Line by line, repeat all the material exactly as it appears.
..........
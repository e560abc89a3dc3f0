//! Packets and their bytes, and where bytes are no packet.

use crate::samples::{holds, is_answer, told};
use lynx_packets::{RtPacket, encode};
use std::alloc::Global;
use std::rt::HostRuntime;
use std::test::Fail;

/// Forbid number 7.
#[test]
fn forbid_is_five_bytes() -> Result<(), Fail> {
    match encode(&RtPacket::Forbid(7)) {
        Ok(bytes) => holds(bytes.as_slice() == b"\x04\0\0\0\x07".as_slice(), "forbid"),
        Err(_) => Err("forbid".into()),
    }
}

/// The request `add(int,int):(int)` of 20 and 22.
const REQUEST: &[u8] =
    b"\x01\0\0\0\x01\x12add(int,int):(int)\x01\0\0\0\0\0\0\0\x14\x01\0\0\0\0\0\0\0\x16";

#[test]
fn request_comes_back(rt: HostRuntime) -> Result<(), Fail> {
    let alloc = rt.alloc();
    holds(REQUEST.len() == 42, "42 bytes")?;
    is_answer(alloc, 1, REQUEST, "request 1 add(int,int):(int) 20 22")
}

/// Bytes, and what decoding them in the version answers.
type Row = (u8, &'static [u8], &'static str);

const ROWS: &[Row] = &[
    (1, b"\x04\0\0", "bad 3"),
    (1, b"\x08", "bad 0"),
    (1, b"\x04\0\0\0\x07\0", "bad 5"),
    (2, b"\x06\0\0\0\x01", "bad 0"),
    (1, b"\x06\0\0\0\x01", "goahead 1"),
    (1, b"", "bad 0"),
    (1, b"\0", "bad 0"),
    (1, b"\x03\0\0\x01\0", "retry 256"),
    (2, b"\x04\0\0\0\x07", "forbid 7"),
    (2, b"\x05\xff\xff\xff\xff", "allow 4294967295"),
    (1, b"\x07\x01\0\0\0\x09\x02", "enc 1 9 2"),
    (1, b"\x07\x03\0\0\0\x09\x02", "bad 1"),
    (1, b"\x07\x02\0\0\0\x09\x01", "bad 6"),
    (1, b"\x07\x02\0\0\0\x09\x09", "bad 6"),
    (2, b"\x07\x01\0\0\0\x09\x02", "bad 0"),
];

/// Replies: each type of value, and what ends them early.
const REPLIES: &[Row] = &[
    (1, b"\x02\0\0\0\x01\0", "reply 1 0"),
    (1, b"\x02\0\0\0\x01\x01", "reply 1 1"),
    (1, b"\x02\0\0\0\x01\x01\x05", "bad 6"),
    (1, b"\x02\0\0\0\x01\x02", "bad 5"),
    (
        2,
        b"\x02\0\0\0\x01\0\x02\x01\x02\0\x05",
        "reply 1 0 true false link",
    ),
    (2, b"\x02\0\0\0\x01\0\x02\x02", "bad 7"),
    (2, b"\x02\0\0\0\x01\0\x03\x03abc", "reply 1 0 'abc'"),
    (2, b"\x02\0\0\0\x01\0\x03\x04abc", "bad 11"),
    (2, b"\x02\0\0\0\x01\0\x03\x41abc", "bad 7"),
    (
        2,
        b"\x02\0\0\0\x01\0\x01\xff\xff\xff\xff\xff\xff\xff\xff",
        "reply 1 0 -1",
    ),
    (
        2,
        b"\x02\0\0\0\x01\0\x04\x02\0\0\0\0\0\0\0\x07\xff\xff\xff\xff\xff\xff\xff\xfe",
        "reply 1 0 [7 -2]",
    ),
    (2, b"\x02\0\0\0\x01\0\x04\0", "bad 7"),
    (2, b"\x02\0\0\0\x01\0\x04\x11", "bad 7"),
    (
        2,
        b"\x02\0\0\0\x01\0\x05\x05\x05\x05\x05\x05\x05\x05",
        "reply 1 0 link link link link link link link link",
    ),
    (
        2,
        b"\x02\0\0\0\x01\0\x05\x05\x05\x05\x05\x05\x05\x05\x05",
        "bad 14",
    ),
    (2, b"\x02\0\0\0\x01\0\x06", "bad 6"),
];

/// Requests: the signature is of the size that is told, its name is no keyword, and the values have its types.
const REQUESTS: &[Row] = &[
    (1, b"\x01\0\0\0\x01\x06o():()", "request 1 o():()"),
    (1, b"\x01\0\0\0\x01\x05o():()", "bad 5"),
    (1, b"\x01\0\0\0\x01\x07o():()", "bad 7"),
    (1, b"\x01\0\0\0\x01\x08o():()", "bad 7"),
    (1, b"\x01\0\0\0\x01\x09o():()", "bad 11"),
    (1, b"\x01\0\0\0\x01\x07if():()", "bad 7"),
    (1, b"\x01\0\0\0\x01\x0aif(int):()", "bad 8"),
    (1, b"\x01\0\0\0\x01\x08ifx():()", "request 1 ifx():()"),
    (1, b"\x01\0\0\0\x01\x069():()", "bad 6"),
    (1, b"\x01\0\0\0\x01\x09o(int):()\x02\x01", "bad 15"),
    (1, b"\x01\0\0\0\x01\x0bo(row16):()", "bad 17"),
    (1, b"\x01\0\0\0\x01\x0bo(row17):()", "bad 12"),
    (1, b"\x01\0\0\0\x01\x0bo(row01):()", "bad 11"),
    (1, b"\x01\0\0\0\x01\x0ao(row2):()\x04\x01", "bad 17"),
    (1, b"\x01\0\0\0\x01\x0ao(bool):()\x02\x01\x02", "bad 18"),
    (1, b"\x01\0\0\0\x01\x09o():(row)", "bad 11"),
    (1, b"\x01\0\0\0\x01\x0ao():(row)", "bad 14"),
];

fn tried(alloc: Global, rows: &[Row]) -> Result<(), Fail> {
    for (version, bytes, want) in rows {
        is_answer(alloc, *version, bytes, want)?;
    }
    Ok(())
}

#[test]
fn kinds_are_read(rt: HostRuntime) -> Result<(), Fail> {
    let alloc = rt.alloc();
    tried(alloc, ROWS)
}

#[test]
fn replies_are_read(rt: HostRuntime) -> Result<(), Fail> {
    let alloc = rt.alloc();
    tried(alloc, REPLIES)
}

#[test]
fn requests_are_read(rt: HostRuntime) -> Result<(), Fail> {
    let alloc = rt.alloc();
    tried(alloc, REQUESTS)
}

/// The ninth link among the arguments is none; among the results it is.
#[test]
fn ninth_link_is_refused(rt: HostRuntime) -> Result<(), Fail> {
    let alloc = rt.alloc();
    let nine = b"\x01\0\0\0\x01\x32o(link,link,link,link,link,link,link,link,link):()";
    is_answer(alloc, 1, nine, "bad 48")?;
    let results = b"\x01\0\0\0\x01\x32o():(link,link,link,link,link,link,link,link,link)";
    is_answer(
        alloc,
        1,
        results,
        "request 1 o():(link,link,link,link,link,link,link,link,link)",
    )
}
..........
=== Answer box ===
repository e560abc89a3dc3f0
//! Packets and their bytes, and where bytes are no packet.

use crate::samples::{holds, is_answer, told};
use lynx_packets::{RtPacket, encode};
use std::alloc::Global;
use std::rt::HostRuntime;
use std::test::Fail;

/// Forbid number 7.
#[test]
fn forbid_is_five_bytes() -> Result<(), Fail> {
    match encode(&RtPacket::Forbid(7)) {
        Ok(bytes) => holds(bytes.as_slice() == b"\x04\0\0\0\x07".as_slice(), "forbid"),
        Err(_) => Err("forbid".into()),
    }
}

/// The request `add(int,int):(int)` of 20 and 22.
const REQUEST: &[u8] =
    b"\x01\0\0\0\x01\x12add(int,int):(int)\x01\0\0\0\0\0\0\0\x14\x01\0\0\0\0\0\0\0\x16";

#[test]
fn request_comes_back(rt: HostRuntime) -> Result<(), Fail> {
    let alloc = rt.alloc();
    holds(REQUEST.len() == 42, "42 bytes")?;
    is_answer(alloc, 1, REQUEST, "request 1 add(int,int):(int) 20 22")
}

/// Bytes, and what decoding them in the version answers.
type Row = (u8, &'static [u8], &'static str);

const ROWS: &[Row] = &[
    (1, b"\x04\0\0", "bad 3"),
    (1, b"\x08", "bad 0"),
    (1, b"\x04\0\0\0\x07\0", "bad 5"),
    (2, b"\x06\0\0\0\x01", "bad 0"),
    (1, b"\x06\0\0\0\x01", "goahead 1"),
    (1, b"", "bad 0"),
    (1, b"\0", "bad 0"),
    (1, b"\x03\0\0\x01\0", "retry 256"),
    (2, b"\x04\0\0\0\x07", "forbid 7"),
    (2, b"\x05\xff\xff\xff\xff", "allow 4294967295"),
    (1, b"\x07\x01\0\0\0\x09\x02", "enc 1 9 2"),
    (1, b"\x07\x03\0\0\0\x09\x02", "bad 1"),
    (1, b"\x07\x02\0\0\0\x09\x01", "bad 6"),
    (1, b"\x07\x02\0\0\0\x09\x09", "bad 6"),
    (2, b"\x07\x01\0\0\0\x09\x02", "bad 0"),
];

/// Replies: each type of value, and what ends them early.
const REPLIES: &[Row] = &[
    (1, b"\x02\0\0\0\x01\0", "reply 1 0"),
    (1, b"\x02\0\0\0\x01\x01", "reply 1 1"),
    (1, b"\x02\0\0\0\x01\x01\x05", "bad 6"),
    (1, b"\x02\0\0\0\x01\x02", "bad 5"),
    (
        2,
        b"\x02\0\0\0\x01\0\x02\x01\x02\0\x05",
        "reply 1 0 true false link",
    ),
    (2, b"\x02\0\0\0\x01\0\x02\x02", "bad 7"),
    (2, b"\x02\0\0\0\x01\0\x03\x03abc", "reply 1 0 'abc'"),
    (2, b"\x02\0\0\0\x01\0\x03\x04abc", "bad 11"),
    (2, b"\x02\0\0\0\x01\0\x03\x41abc", "bad 7"),
    (
        2,
        b"\x02\0\0\0\x01\0\x01\xff\xff\xff\xff\xff\xff\xff\xff",
        "reply 1 0 -1",
    ),
    (
        2,
        b"\x02\0\0\0\x01\0\x04\x02\0\0\0\0\0\0\0\x07\xff\xff\xff\xff\xff\xff\xff\xfe",
        "reply 1 0 [7 -2]",
    ),
    (2, b"\x02\0\0\0\x01\0\x04\0", "bad 7"),
    (2, b"\x02\0\0\0\x01\0\x04\x11", "bad 7"),
    (
        2,
        b"\x02\0\0\0\x01\0\x05\x05\x05\x05\x05\x05\x05\x05",
        "reply 1 0 link link link link link link link link",
    ),
    (
        2,
        b"\x02\0\0\0\x01\0\x05\x05\x05\x05\x05\x05\x05\x05\x05",
        "bad 14",
    ),
    (2, b"\x02\0\0\0\x01\0\x06", "bad 6"),
];

/// Requests: the signature is of the size that is told, its name is no keyword, and the values have its types.
const REQUESTS: &[Row] = &[
    (1, b"\x01\0\0\0\x01\x06o():()", "request 1 o():()"),
    (1, b"\x01\0\0\0\x01\x05o():()", "bad 5"),
    (1, b"\x01\0\0\0\x01\x07o():()", "bad 7"),
    (1, b"\x01\0\0\0\x01\x08o():()", "bad 7"),
    (1, b"\x01\0\0\0\x01\x09o():()", "bad 11"),
    (1, b"\x01\0\0\0\x01\x07if():()", "bad 7"),
    (1, b"\x01\0\0\0\x01\x0aif(int):()", "bad 8"),
    (1, b"\x01\0\0\0\x01\x08ifx():()", "request 1 ifx():()"),
    (1, b"\x01\0\0\0\x01\x069():()", "bad 6"),
    (1, b"\x01\0\0\0\x01\x09o(int):()\x02\x01", "bad 15"),
    (1, b"\x01\0\0\0\x01\x0bo(row16):()", "bad 17"),
    (1, b"\x01\0\0\0\x01\x0bo(row17):()", "bad 12"),
    (1, b"\x01\0\0\0\x01\x0bo(row01):()", "bad 11"),
    (1, b"\x01\0\0\0\x01\x0ao(row2):()\x04\x01", "bad 17"),
    (1, b"\x01\0\0\0\x01\x0ao(bool):()\x02\x01\x02", "bad 18"),
    (1, b"\x01\0\0\0\x01\x09o():(row)", "bad 11"),
    (1, b"\x01\0\0\0\x01\x0ao():(row)", "bad 14"),
];

fn tried(alloc: Global, rows: &[Row]) -> Result<(), Fail> {
    for (version, bytes, want) in rows {
        is_answer(alloc, *version, bytes, want)?;
    }
    Ok(())
}

#[test]
fn kinds_are_read(rt: HostRuntime) -> Result<(), Fail> {
    let alloc = rt.alloc();
    tried(alloc, ROWS)
}

#[test]
fn replies_are_read(rt: HostRuntime) -> Result<(), Fail> {
    let alloc = rt.alloc();
    tried(alloc, REPLIES)
}

#[test]
fn requests_are_read(rt: HostRuntime) -> Result<(), Fail> {
    let alloc = rt.alloc();
    tried(alloc, REQUESTS)
}

/// The ninth link among the arguments is none; among the results it is.
#[test]
fn ninth_link_is_refused(rt: HostRuntime) -> Result<(), Fail> {
    let alloc = rt.alloc();
    let nine = b"\x01\0\0\0\x01\x32o(link,link,link,link,link,link,link,link,link):()";
    is_answer(alloc, 1, nine, "bad 48")?;
    let results = b"\x01\0\0\0\x01\x32o():(link,link,link,link,link,link,link,link,link)";
    is_answer(
        alloc,
        1,
        results,
        "request 1 o():(link,link,link,link,link,link,link,link,link)",
    )
}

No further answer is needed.